For Venice you can check out the hotels here:
https://www.google.com/maps/place/M...0ffd3403e40cf42!8m2!3d45.4934881!4d12.2463181
the address is "via Ca' Marcello". They are all newly built, 1' from Mestre train station; you save yourself the hussle of walking with luggages in Venice centre, you spend less and you are just 8' of train away from Venice with trains every 5' (plus buses, trams).


----------



## da_scotty (Nov 4, 2008)

Also look into Interrail (non-eu citizins name is EUrail?) cards. Especially if you are younger the savings can be great.

HS travel is not included though.


----------



## wbrm (Sep 9, 2008)

If you are happy with cheap advance fares with no flexibility (only valid on the specific train you book, no refunds, no changes to travel plans) separate tickets can be the cheapest option. If you want more flexibility an Interrail/EUrail pass is an option and can be the cheapest sometimes (for Interrail as EUrail is more expensive). Depending on where you live you need to buy an Interrail pass or an EUrail pass (more information on the brilliant seat61 website: https://www.seat61.com/Railpass-and-Eurail-pass-guide.htm)

*Rome > Florence > Venice
Competing operators Trenitalia and Italo both operating several trains each day (on loco2.com you get both in one search). 

Only Trenitalia accepts Interrail/EUrail passes and on the high speed trains (Frecciarossa/Frecciargento/Frecciabianca) reservation is compulsory (passholders pay 10€/seat). 

*Venice > Vienna
ÖBB (Austrian Railways) Railjet twice daily + ÖBB Nightjet nighttrain
oebb.at

Reservation is compulsory for passholders

*Vienna > Prague
Competing operators ÖBB/CD and Regiojet both operating several daytime trains each day.
Railjet operated by ÖBB and CD (Czech Railways) book via cd.cz
Regiojet (don't confuse these :nuts:, Regiojets are yellow) regiojet.com

For passholders reservation is optional on Railjet (you can sit on an empty seat or pay 3€/seat if you want to be sure to have one). For Regiojet reservation is compulsory.

Prague > Berlin
Several Eurocity's (EC) each day operated by CD and DB (German Railways)
book via cd.cz

Reservation for passholders is optional (just like the Railjet Vienna > Prague).


----------



## Roy_Batty (Dec 15, 2009)

Thanks for the reply, I have make some flights and hotel bookings, only missing trains. I plan to buy a 5 day EUrail ticket for two adults (28+), total cost 562 EUR, considering the following:

1) Wednesday December 18th train travel from Rome to Florence. I would use EUrail through Treinitalia.
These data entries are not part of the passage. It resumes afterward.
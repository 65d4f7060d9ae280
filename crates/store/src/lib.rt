// Stores of string objects, and their edits.
// The buffers are no struct: C lends each by itself, and a struct would be made for one call and carry no fact, since each edit checks them
// anew. Replacing only reads two of them, so that one of four mutable ones would ask more of its caller, and serve appending alone.
// What edits promise alike has one name in specs. It is said of each one's own result, so that no type could carry it.
#![tactic(auto)]

pub mod append;
pub mod array;
mod canonical;
mod checks;
pub mod counts;
pub mod edits;
pub mod replace;
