// Replacing an array of a store: all checks, then the writing.
ghost use Rattle.std.specs.Prelude.{◌≡◌, ◌+◌, ◌-◌, ◌*◌, length, set};
ghost use Rattle.std.specs.Result.{result_unwrap_or};
ghost use Rattle.store.specs.Edits.{replaced};
ghost use Rattle.store.specs.Moves.{shifted, Shiftable};
ghost use Rattle.store.specs.Replies.{store_with, Edits};
ghost use Rattle.store.specs.Stages.{WordsFit, ReplacesWords, PairFits};

use crate::array::StringArray;
use crate::canonical::StoreRef;
use crate::counts::Counts;
use crate::edits::Edit;
use text::convert::to_usize;
use text::error::MatError;

// Puts the payload of an array, of len words, in place of the old words from at on: moves the words after them, and clears those given up.
// No parts of words: what lies up to used moves across at, and past used where the payload is longer than the old one.
fn replace_words(
    used: usize,
    at: usize,
    old: usize,
    len: usize,
    words: &mut [u64],
    array: StringArray<'_>,
)
    requires { WordsFit used at old len (length words.old) array }
    ensures { ReplacesWords used at old words.old array.entry words.new }
{
    let total = used - old + len;
    words.copy_within(at + old..used, at + len);
    array.put(words, at);
    words[total..total.max(used)].fill(0);
}

// Adds new - old to the offset of each pair from first up to n. The cells stand end to end, so those after one whose length was old and
// becomes new begin that much later or earlier.
// By index, since what as_chunks_mut lends is known by its length alone afterwards. By first and n, and no part: what is promised, `shifted`,
// goes by the index of a pair in the whole directory, and so in replace_pair.
#[tactic(auto, using(crate::proofs::ShiftLaws::shifting))]
fn shift_offsets(directory: &mut [u64], first: usize, n: usize, old: u64, new: u64)
    requires { Shiftable directory.old first n old new }
    ensures { directory.new ≡ shifted directory.old first (n - first) old new }
{
    for i in first..n {
        directory[2 * i] = directory[2 * i] - old + new;
    }
}

// Gives pair k its new length, and shifts the offsets of the pairs after it, up to n.
fn replace_pair(directory: &mut [u64], n: usize, k: usize, old: u64, len: u64)
    requires { PairFits directory.old n k old len }
    ensures { directory.new ≡ shifted (set directory.old (2 * k + 1) len) (k + 1) (n - (k + 1)) old len }
{
    directory[2 * k + 1] = len;
    shift_offsets(directory, k + 1, n, old, len);
}

// Puts an array in place of that of an object, and answers the counts after it; a refusal leaves them. The blob and the kinds are lent to
// be read, as C lends them; append_at has the same checks and writes to all four.
pub fn replace_at(
    counts: Counts,
    blob: &[u8],
    directory: &mut [u64],
    kinds: &[u8],
    words: &mut [u64],
    object_id: u64,
    array: StringArray<'_>,
) -> Result<Counts, MatError>
    ensures { let s = store_with counts blob.now directory.old kinds.now words.old in
        let t = store_with (result_unwrap_or result counts) blob.now directory.new kinds.now words.new in
        let a = array.entry in
        Edits s (replaced s object_id a.dims.now a.text.now a.spans.now) result t }
{
    let s = StoreRef {
        counts,
        blob,
        directory,
        kinds,
        words,
    };
    let accepted = s.check_edit(Edit::Replace(object_id), array)?;
    let k = to_usize(object_id - 1);
    let at = to_usize(directory[2 * k]);
    let old = directory[2 * k + 1];
    replace_words(
        to_usize(counts.words),
        at,
        to_usize(old),
        accepted.len,
        words,
        array,
    );
    replace_pair(
        directory,
        to_usize(counts.objects),
        k,
        old,
        accepted.len as u64,
    );
    Ok(accepted.counts)
}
* Friday December 20th train travel from Florence to Pisa and back to Florence. I would buy individual tickets and not use EUrail for this trip.
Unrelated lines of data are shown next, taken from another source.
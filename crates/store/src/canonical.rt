// Checks 13 and 33 of an edit.
ghost use Rattle.std.specs.Prelude.{◌≡◌, eqb, length};
ghost use Rattle.std.specs.List.{list_all};
ghost use Rattle.text.specs.Replies.{outcome};
ghost use Rattle.store.specs.Edits.{check_counted, check_store};
ghost use Rattle.store.specs.Store.{is_canonical};
ghost use Rattle.store.specs.Stages.{store_in, CellsInside, cells_walk, IsCut, CutChecked, CutTo};

use crate::counts::Counts;
use reader::cells::check_directory;
use reader::saveobj::is_canonical_payload;
use text::convert::to_usize;
use text::error::MatError;
use writer::string_object::is_string_filewrapper_metadata;

// A store that is only read.
// The directory is flat pairs, as document 01 has it and C lends it. It is read by index: with as_chunks in are_cells_canonical, five goals of
// the walk stayed open, which the check closes by itself for an index. Where it is written, append and replace say why.
#[derive(Clone, Copy)]
pub(crate) struct StoreRef<'a> {
    pub(crate) counts: Counts,
    pub(crate) blob: &'a [u8],
    pub(crate) directory: &'a [u64],
    pub(crate) kinds: &'a [u8],
    pub(crate) words: &'a [u64],
}

// Whether every kind is 0.
fn are_zero(kinds: &[u8]) -> bool
    ensures { result ≡ list_all (λ kind. eqb kind 0) kinds.now }
{
    kinds.iter().all(|kind| *kind == 0)
}

impl<'a> StoreRef<'a> {
    // The counted part, or none where a count goes past its buffer.
    fn counted(self) -> Option<StoreRef<'a>>
        ensures { CutTo (store_in self.entry) result }
    {
        let pairs = self.counts.objects.checked_mul(2)?;
        Some(StoreRef {
            counts: self.counts,
            blob: self.blob.get(..to_usize(self.counts.blob_bytes))?,
            directory: self.directory.get(..to_usize(pairs))?,
            kinds: self.kinds.get(..to_usize(self.counts.objects))?,
            words: self.words.get(..to_usize(self.counts.words))?,
        })
    }

    // Whether the cells lie end to end in all of the words, each a canonical payload.
    #[tactic(auto, using(crate::proofs::CheckLaws::walking))]
    fn are_cells_canonical(self) -> bool
        requires { CellsInside self.directory.now (length self.words.now) self.counts.objects }
        ensures { let s = store_in self.entry in result ≡ cells_walk s.directory s.words 0 s.objects 0 }
    {
        let mut end: usize = 0;
        for i in 0..to_usize(self.counts.objects) {
            let start = to_usize(self.directory[2 * i]);
            if start != end {
                return false;
            }
            end = start + to_usize(self.directory[2 * i + 1]);
            if !is_canonical_payload(&self.words[start..end]) {
                return false;
            }
        }
        end == self.words.len()
    }

    // Check 33 of a store that is cut to its counts, once 13 holds.
    fn is_canonical(self) -> bool
        requires { CutChecked (store_in self) }
        ensures { result ≡ is_canonical (store_in self.entry) }
    {
        is_string_filewrapper_metadata(self.counts.objects, self.blob)
            && are_zero(self.kinds)
            && self.are_cells_canonical()
    }

    // Checks 13 and 33 of a store that is cut to its counts.
    fn check_counted(self) -> Result<(), MatError>
        requires { IsCut (store_in self) }
        ensures { outcome result ≡ check_counted (store_in self.entry) }
    {
        check_directory(self.directory, self.kinds, self.words.len())?;
        if !self.is_canonical() {
            return Err(MatError::NotCanonical(0));
        }
        Ok(())
    }

    // Checks 13 and 33.
    pub(crate) fn check(self) -> Result<(), MatError>
        ensures { outcome result ≡ check_store (store_in self.entry) }
    {
        let Some(counted) = self.counted() else {
            return Err(MatError::InvalidDirectory(self.counts.objects));
        };
        counted.check_counted()
    }
}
2) Saturday December 21st train travel from Florence to Venice. I would use EUrail through Trenitalia.

3) Sunday December 22nd train travel from Venice to Viena. This is the tricky one I guess, I want to take the night train in order to sleep in the train and not lose an entire day. Does ÖBB Nightjet accepts EUrail? Does ÖBB Nightjet operates Sunday?

4) Thursday December 26th train travel from Viena to Prague. I would use EUrail through either ÖBB or CD, I guess both operators accept EUrail?
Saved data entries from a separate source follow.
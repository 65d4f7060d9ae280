// All checks of an edit.
ghost use Rattle.std.specs.Prelude.{◌≡◌, ◌≤◌, ◌*◌, ◌+◌};
ghost use Rattle.text.specs.Replies.{outcome};
ghost use Rattle.text.specs.Result.{check_output};
ghost use Rattle.store.specs.Edits.{check_room};
ghost use Rattle.store.specs.Store.{lengths_of};
ghost use Rattle.store.specs.Stages.{store_in, StoreChecked, check_id, IdInside, counts_after, Decides};

use crate::array::StringArray;
use crate::canonical::StoreRef;
use crate::counts::Counts;
use crate::edits::Edit;
use text::convert::to_usize;
use text::error::MatError;
use writer::string_object::MAX_OBJECTS;

// An edit whose checks passed: the words of its payload, and the counts of the store after it.
#[derive(Clone, Copy)]
pub(crate) struct Accepted {
    pub(crate) len: usize,
    pub(crate) counts: Counts,
}

// Check 34 of one buffer.
fn check_output(need: u64, room: usize) -> Result<(), MatError>
    ensures { outcome result ≡ check_output need room }
{
    if (room as u64) < need {
        return Err(MatError::OutputTooShort(need));
    }
    Ok(())
}

impl StoreRef<'_> {
    // Check 8.
    fn check_id(self, edit: Edit) -> Result<(), MatError>
        ensures { outcome result ≡ check_id self.entry.counts.objects edit }
    {
        if let Edit::Replace(id) = edit {
            if id < 1 {
                return Err(MatError::ObjectIdOutOfRange(id));
            }
            if self.counts.objects < id {
                return Err(MatError::ObjectIdOutOfRange(id));
            }
        }
        Ok(())
    }

    // The counts after an edit whose payload has len words.
    fn counts_after(self, edit: Edit, len: usize) -> Counts
        requires store { StoreChecked (store_in self) }
        requires id { IdInside self.counts.objects edit }
        requires most { len ≤ 2097152 }
        ensures { result ≡ counts_after (store_in self.entry) edit len }
    {
        match edit {
            Edit::Append => Counts::of(self.counts.objects + 1, self.counts.words + len as u64),
            Edit::Replace(id) => {
                let old = self.directory[2 * to_usize(id - 1) + 1];
                Counts::of(self.counts.objects, self.counts.words - old + len as u64)
            }
        }
    }

    // Check 34 for counts.
    fn check_room(self, counts: Counts) -> Result<(), MatError>
        requires few { counts.objects ≤ 349522 }
        requires bytes { counts.blob_bytes ≡ 144 + 48 * counts.objects }
        ensures { outcome result ≡ check_room (lengths_of (store_in self.entry)) counts.objects counts.words }
    {
        check_output(counts.blob_bytes, self.blob.len())?;
        check_output(2 * counts.objects, self.directory.len())?;
        check_output(counts.objects, self.kinds.len())?;
        check_output(counts.words, self.words.len())
    }

    // All checks of an edit.
    pub(crate) fn check_edit(self, edit: Edit, array: StringArray<'_>) -> Result<Accepted, MatError>
        ensures { Decides (store_in self.entry) edit array.entry result }
    {
        self.check()?;
        self.check_id(edit)?;
        let len = array.measure()?;
        let counts = self.counts_after(edit, len);
        if MAX_OBJECTS < counts.objects {
            return Err(MatError::LimitExceeded(counts.objects));
        }
        self.check_room(counts)?;
        Ok(Accepted { len, counts })
    }
}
5) Saturday December 28th train travel from Prague to Berlin. I would use EUrail through DB.


Appreciate your support and comments!


----------



## wbrm (Sep 9, 2008)

Roy_Batty said:


> 3) Sunday December 22nd train travel from Venice to Viena. This is the tricky one I guess, I want to take the night train in order to sleep in the train and not lose an entire day. Does ÖBB Nightjet accepts EUrail? Does ÖBB Nightjet operates Sunday?


This ÖBB Nightjet runs every day (maybe not during exceptional engineering work on the tracks). ÖBB accept EUrail. For Nightjets reservations are compulsory. More information here on the reservation procedure and prices for Nightjets: https://www.nightjet.com/en/angebote/interrail-eurail-paesse.html 



Roy_Batty said:


> 4) Thursday December 26th train travel from Viena to Prague. I would use EUrail through either ÖBB or CD, I guess both operators accept EUrail?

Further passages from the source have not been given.